__Exercise brief__:
Each line below with the string "Value" should be copied.

─── Material for this exercise ───

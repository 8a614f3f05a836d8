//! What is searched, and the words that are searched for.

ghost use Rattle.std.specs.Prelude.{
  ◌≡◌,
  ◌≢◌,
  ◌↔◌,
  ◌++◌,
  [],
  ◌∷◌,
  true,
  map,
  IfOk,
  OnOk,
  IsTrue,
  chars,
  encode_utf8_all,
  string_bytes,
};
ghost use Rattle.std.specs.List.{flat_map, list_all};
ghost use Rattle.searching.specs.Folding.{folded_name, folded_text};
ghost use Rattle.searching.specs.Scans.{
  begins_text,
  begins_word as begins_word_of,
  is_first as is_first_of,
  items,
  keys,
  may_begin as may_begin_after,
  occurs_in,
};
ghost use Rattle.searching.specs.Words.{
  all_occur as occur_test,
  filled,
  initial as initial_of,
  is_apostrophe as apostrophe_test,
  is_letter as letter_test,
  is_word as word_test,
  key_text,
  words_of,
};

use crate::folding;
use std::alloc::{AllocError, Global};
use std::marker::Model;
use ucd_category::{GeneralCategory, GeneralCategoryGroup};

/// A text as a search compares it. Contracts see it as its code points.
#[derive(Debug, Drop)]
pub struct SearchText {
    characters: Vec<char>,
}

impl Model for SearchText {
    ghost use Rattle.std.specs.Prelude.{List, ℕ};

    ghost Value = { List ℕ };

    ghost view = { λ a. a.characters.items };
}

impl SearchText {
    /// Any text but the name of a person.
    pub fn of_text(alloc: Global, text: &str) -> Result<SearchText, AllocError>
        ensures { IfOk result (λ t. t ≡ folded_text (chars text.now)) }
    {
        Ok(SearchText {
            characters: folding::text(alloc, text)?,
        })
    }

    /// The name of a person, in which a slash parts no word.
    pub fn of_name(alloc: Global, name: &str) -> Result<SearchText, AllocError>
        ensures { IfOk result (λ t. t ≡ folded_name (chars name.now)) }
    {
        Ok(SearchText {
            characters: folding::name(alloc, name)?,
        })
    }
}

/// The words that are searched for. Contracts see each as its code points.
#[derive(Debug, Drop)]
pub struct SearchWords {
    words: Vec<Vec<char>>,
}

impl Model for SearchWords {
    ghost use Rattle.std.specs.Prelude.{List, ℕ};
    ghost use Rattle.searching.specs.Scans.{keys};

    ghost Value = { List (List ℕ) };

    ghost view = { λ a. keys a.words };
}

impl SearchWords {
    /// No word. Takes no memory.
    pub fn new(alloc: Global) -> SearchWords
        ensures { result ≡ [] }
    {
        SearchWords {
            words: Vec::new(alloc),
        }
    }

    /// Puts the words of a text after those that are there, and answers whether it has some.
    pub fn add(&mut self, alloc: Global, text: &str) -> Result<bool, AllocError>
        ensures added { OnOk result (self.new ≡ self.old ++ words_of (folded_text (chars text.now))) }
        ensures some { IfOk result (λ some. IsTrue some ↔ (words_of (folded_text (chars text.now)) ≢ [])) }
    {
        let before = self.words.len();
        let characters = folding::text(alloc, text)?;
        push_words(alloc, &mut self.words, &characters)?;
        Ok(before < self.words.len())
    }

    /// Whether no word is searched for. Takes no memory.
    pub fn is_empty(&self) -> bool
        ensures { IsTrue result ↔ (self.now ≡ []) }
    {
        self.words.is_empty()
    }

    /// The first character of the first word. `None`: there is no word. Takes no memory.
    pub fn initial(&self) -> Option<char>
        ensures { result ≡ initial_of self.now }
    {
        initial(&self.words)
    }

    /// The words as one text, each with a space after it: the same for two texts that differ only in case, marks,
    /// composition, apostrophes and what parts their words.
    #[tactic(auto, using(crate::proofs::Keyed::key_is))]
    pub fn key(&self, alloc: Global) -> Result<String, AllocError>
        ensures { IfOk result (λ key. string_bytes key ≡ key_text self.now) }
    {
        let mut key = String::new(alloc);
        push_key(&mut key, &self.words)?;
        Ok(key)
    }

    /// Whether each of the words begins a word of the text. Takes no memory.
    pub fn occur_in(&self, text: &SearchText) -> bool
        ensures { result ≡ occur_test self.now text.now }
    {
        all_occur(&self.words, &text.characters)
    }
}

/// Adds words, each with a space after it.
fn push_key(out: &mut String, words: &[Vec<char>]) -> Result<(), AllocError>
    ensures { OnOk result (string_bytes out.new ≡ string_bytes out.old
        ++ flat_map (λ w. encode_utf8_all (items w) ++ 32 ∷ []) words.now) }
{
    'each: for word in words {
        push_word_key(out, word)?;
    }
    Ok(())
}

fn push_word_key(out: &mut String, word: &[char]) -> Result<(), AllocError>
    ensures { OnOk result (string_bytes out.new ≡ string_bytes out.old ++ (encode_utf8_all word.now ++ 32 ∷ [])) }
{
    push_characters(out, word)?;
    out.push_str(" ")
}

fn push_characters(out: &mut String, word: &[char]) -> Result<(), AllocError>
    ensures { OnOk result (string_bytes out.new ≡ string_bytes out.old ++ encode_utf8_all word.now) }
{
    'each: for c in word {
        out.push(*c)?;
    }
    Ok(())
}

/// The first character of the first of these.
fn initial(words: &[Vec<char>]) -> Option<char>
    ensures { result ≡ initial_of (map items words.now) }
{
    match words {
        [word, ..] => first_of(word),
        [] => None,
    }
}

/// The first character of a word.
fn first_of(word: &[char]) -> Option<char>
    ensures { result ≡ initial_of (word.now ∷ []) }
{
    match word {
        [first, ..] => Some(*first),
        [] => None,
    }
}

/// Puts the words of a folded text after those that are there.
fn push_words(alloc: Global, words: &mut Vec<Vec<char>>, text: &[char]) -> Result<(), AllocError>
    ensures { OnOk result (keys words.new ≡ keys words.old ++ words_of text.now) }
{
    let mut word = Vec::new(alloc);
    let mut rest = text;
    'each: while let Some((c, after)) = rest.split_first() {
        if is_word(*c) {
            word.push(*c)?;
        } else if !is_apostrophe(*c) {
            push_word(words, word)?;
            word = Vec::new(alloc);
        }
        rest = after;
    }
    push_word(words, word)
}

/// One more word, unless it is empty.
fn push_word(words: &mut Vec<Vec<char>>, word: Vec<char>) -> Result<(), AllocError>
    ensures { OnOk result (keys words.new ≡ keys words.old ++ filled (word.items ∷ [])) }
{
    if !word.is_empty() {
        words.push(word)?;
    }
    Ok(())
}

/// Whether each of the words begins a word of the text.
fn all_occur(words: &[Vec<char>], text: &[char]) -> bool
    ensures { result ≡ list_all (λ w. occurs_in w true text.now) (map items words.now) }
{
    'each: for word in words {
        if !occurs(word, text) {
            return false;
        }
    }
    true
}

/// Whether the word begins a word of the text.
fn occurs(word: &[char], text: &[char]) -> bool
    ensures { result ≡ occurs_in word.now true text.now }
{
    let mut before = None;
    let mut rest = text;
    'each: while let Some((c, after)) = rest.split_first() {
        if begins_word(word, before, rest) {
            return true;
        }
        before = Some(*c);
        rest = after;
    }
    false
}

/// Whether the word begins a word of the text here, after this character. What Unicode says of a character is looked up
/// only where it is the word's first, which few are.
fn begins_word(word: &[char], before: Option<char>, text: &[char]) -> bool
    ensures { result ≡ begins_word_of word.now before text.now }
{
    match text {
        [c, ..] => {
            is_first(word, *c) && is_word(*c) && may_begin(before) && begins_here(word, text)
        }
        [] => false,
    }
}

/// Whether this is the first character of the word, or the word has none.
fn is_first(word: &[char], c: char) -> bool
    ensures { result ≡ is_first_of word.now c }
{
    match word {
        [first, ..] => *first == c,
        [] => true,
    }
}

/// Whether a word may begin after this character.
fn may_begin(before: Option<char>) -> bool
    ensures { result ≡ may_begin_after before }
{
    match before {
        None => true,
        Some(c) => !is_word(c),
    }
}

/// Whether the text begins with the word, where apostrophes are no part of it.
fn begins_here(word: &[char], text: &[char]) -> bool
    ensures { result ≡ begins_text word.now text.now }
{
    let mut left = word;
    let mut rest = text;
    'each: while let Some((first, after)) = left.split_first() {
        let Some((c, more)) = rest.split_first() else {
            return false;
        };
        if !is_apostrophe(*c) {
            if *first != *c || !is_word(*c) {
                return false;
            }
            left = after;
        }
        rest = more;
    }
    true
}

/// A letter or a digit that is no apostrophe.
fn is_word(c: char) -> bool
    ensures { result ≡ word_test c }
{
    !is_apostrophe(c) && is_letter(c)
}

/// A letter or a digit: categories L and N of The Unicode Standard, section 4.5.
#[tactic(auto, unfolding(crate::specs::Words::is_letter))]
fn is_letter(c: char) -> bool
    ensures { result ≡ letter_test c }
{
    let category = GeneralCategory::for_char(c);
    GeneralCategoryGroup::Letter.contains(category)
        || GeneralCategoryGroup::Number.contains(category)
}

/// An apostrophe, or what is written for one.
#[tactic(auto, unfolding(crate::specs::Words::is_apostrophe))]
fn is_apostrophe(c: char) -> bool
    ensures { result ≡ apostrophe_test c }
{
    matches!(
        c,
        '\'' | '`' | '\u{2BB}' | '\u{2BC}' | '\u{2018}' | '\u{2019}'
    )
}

───
─── Material for this exercise ───

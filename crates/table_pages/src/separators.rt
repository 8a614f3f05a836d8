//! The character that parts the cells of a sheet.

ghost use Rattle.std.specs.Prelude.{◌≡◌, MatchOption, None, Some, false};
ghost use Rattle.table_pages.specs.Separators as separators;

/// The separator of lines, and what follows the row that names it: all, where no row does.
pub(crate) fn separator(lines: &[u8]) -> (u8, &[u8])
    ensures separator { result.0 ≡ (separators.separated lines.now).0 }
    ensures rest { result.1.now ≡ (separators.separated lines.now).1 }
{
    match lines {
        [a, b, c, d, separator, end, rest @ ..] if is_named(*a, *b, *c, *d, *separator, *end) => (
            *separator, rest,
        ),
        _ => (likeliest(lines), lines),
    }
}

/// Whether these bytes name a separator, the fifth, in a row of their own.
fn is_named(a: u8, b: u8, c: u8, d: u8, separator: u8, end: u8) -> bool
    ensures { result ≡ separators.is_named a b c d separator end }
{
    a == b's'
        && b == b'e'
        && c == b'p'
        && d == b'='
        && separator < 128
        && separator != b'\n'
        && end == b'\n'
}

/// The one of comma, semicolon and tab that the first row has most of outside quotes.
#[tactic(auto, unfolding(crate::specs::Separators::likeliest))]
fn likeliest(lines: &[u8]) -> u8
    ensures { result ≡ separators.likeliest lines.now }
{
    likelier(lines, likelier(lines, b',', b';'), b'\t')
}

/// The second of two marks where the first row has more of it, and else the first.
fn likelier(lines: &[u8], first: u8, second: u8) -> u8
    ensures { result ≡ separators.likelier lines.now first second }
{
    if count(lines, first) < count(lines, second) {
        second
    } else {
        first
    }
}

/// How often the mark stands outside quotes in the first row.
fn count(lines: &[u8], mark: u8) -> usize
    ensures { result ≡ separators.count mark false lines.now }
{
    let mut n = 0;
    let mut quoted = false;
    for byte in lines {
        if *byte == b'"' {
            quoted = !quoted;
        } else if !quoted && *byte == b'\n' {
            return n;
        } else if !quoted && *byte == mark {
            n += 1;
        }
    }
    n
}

───

__Response below__:
    ghost Value = { List ℕ };
    ghost Value = { List (List ℕ) };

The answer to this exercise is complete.